【注释】
(1)孰:同熟,熟知,熟悉。故:故事。
(2)奸:假借为干。干为干谒,因有所求而请见之意,七十二君:泛言孔子干谒诸侯之多。
(3)周召之迹:周为周公旦,召为召公奭,都是周文王之子,武王之弟,因辅佐武王、成王建功立业而负盛名。周召之迹即指他们的功业治绩。
(4)钩用:引用,取用之意。
(5)说:说服。
(6)所以迹:决定治绩的背后原因,指道。
(7)白。。(yì):一种水鸟。
(8)眸子:瞳孔。运:动。风化:相待风气而化生。这句是说,动物之雌雄凭借相互注视或鸣叫,不须**而受孕生子。这是古人的误解。
(9)上风:与下风相对,指风流动方向之上方。
(10)类:同类。同类动物之雌雄才能相互感应而风化,不同类则不可。
(11)焉:代指道。
(12)乌:乌鸦,鹊,为喜鹊。孺:孵化而生子。
(13)傅:付出。鱼付出口沫而受孕。鱼为体外受精,雌鱼产卵,雄鱼追随其后,把**排在上面,古人误以为是付出口沫以相**。
(14)要:同腰。细腰即细腰蜂,为土蜂之一种,又称果裸。在其制成蜂巢后,将卵产在里面,然后叼来青虫,麻醉后封在蜂巢里,待蜂卵孵成幼虫,即以青虫为食物,食尽青虫后破巢而出。古人误以为是青虫所化,细腰蜂不会生子,以青虫育成己子。《诗经·小雅》有:“螟岭有子,果赢负之”,即讲此意,实为误解。
(15)有弟而兄啼:有了弟弟,哥哥怕失去父母之爱而啼哭。
(16)不与化:不能与变化相一致。
(17)安:何。
【译文】
孔子对老聃说:“我研究《诗》《书》《礼》《乐》《易》《春秋》六经,自以为很久了,熟知其中故事,以此求见七十二位君主,向他们讲述先王之道,阐明周公召公之治绩,而没有为一位君主所取用。太困难了!不知是人难于说服,还是大道难于阐明?”老子说:“幸运啊!你没有碰到治世之君主!说到六经,那是先王留下的陈迹,岂是治绩背后之道啊!现在你所说的,如同是足迹。足迹,是由鞋子踩出来的,而足迹岂能当作鞋啊!一对白。。相互对视,眼睛一动不动的盯视而受孕生子。虫,雄的在上风鸣叫,雌的在下风应和而受孕生子。同类生物雌雄相互感应,故能受孕生子。本性是不可改变的,天命流行之理是不可变的,时间流动不能停止,大道不能滞塞不通。假如能获得大道,无往而不通畅;失去大道的人,则无路可通。”孔子三个月没有出门,又再次去见老聃说:“丘获得大道了。乌鸦喜鹊孵卵生子,鱼付出口沫受孕,细腰蜂化育青虫为己子,弟弟生下来哥哥为失爱而哭泣。我孔丘不能成为应物变化之人,已经太久了!不能随事物变化而相应变化,怎么能使人与变化同一呢!”老子说:“可以了,孔丘获得大道了。

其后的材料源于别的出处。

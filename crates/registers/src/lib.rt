// The processor's registers, with a method for each group of instructions.
#![tactic(auto)]

pub mod arithmetic;
pub mod branches;
pub mod double;
pub mod operand;
pub mod shifts;
pub mod state;
mod word;
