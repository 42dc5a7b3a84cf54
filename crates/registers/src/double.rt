// A double goes with A and Q as one number.
ghost use Rattle.std.specs.Prelude.{◌≡◌, ◌+◌, ◌*◌};
ghost use Rattle.registers.specs.Arithmetic.{double as the_width};

use crate::operand::Operand;
use crate::state::Registers;

// Two words as one number, the first in its high half.
pub fn double_of(high: u16, low: u16) -> u32
    ensures { result ≡ high * 65536 + low }
{
    u32::from(high) * 65_536 + u32::from(low)
}

impl Operand for u32 {
    ghost width = { the_width };

    ghost bits = { λ n. n };

    fn to_signed(self) -> i64 {
        i64::from(self.cast_signed())
    }

    fn is_outside(number: i64) -> bool {
        i32::try_from(number).is_err()
    }

    fn plus(self, double: u32) -> (u32, bool) {
        self.overflowing_add(double)
    }

    fn minus(self, double: u32) -> (u32, bool) {
        self.overflowing_sub(double)
    }

    fn of(from: &Registers) -> u32 {
        from.both()
    }

    fn put(self, registers: &mut Registers) {
        registers.a = (self / 65_536) as u16;
        registers.q = (self % 65_536) as u16;
    }
}
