// Conditions, index registers and status.
ghost use Rattle.std.specs.Prelude.{◌≡◌};
ghost use Rattle.registers.specs.Parts.{index as the_index, with_i};
ghost use Rattle.registers.specs.Branches.{acc_holds, holds, tested, modified as the_modified, skips, i_modified, index_modified, status_loaded, status_word, status_stored};

use crate::state::Registers;
use instruction::words::{Conditions, Index};

// What MDX makes of a word, and whether it then skips.
#[derive(Clone, Copy, Debug, PartialEq, Eq)]
pub struct Modified {
    pub word: u16,
    pub skip: bool,
}

// MDX, of any word: a register's or one of core.
pub fn modify(old: u16, by: u16) -> Modified
    ensures { result ≡ record { word = the_modified old by; skip = skips old by } }
{
    let word = old.wrapping_add(by);
    let was_negative = old.cast_signed() < 0;
    let is_negative = word.cast_signed() < 0;
    Modified {
        word,
        skip: word == 0 || was_negative != is_negative,
    }
}

fn accumulator_holds(a: u16, conditions: &Conditions) -> bool
    ensures { result ≡ acc_holds conditions.now a }
{
    (conditions.zero && a == 0)
        || (conditions.minus && a.cast_signed() < 0)
        || (conditions.plus && a.cast_signed() > 0)
        || (conditions.even && a % 2 == 0)
}

impl Registers {
    // Tests what BSC and BSI name: whether any of it holds. Overflow, if it is named, goes off.
    pub fn test(&mut self, conditions: &Conditions) -> bool
        ensures answer { result ≡ holds conditions.now self.old }
        ensures after { self.new ≡ tested conditions.now self.old }
    {
        let carry_off = conditions.carry_off && !self.carry;
        let overflow_off = conditions.overflow_off && !self.overflow;
        let held = accumulator_holds(self.a, conditions) || carry_off || overflow_off;
        self.overflow = self.overflow && !conditions.overflow_off;
        held
    }

    // MDX, of an index register: whether it skips.
    pub fn modify_index(&mut self, x: Index, by: u16) -> bool
        ensures answer { result ≡ skips (the_index x self.old) by }
        ensures after { self.new ≡ index_modified x by self.old }
    {
        let modified = modify(self.index(x), by);
        self.load_index(x, modified.word);
        modified.skip
    }

    // LDX, with no tag.
    pub fn load_i(&mut self, value: u16)
        ensures { self.new ≡ with_i value self.old }
    {
        self.i = value;
    }

    // MDX, with no tag, in the short form.
    pub fn modify_i(&mut self, by: u16)
        ensures { self.new ≡ i_modified by self.old }
    {
        self.i = self.i.wrapping_add(by);
    }

    // LDS, by the instruction's own word.
    pub fn load_status(&mut self, word: u16)
        ensures { self.new ≡ status_loaded word self.old }
    {
        self.carry = word / 2 % 2 == 1;
        self.overflow = word % 2 == 1;
    }

    // STS: what is stored where this word stood.
    pub fn store_status(&mut self, word: u16) -> u16
        ensures answer { result ≡ status_word word self.old }
        ensures after { self.new ≡ status_stored self.old }
    {
        let status = word / 256 * 256 + u16::from(self.carry) * 2 + u16::from(self.overflow);
        self.carry = false;
        self.overflow = false;
        status
    }
}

外篇中的《天运》是《庄子》中“天”字号系列的第三篇,道体的运行以及人和道的关系是这一篇的主旨。
我们常说庄子的笔法是“寓言十九,重言十七,卮言日出,和以天倪”。其实,就文章与文章之间的内容来看,“重”也是一个普遍的现象。庄子之文常常回环相扣,迂曲而行,在重复中层层推进。对于篇章也是如此,一篇的前半部分常常承着上篇末的文意而下,浓笔勾画之后再翻出新意。
《天运》的前三段便是承着《天道》而来,着眼在“道”字上分层展开,这和《骈拇》、《马蹄》、《胠箧》的步步勾连是同样的。
《天运》的开头劈头盖脑砸下十六个问题,从天地、日月一直诘问到云、雨、风。这十六个问题井然有序,一层问其状态:“天不停地在运转吗?地是静止不动的吗?日月出没往来,是在相互追逐吗?”一层问其主宰:“谁指挥着天运转?谁维持着地静止不动?谁又闲着无事推动着日月运行?”把古人在苍苍茫茫中感受到的无形力量全盘托出,跃然纸上。十六个问题摆出来,问者是谁,被问者又是谁,一概不知。翻开《天运》便遭遇这样汹涌而莫知所出的诘问,让读者措手不及,反躬自问,继而疑窦迭生。便在此时,巫咸现身了。说了一段貌似神秘的话,留下什么都没有解决的问题。其实,神秘玄奥并非故弄玄虚,言说无物也是理所必然。只因为一点:即“道”字说出口,便不是完整的道了。所以冥冥之中有“道”,字字都围绕着“道”,却不点透。注家刘凤苞说:“六极五常,不足尽道,而于天人感应之机最为切近。就此轻轻点逗,而道已在个中也。”又说:“一眼窥定道字,却故作疑阵,使人于言外领会。”这是说六极五常并不是道的全部,只是与天人关系切近的一部分,文中轻轻点到,“道”在其中已隐约可见了。人人都能从十六个问题背后窥见“道”的影子,庄子却只出谜而不戳破谜底,为的是让人摆脱不可信又有限的语言来领会无形无迹的“道”。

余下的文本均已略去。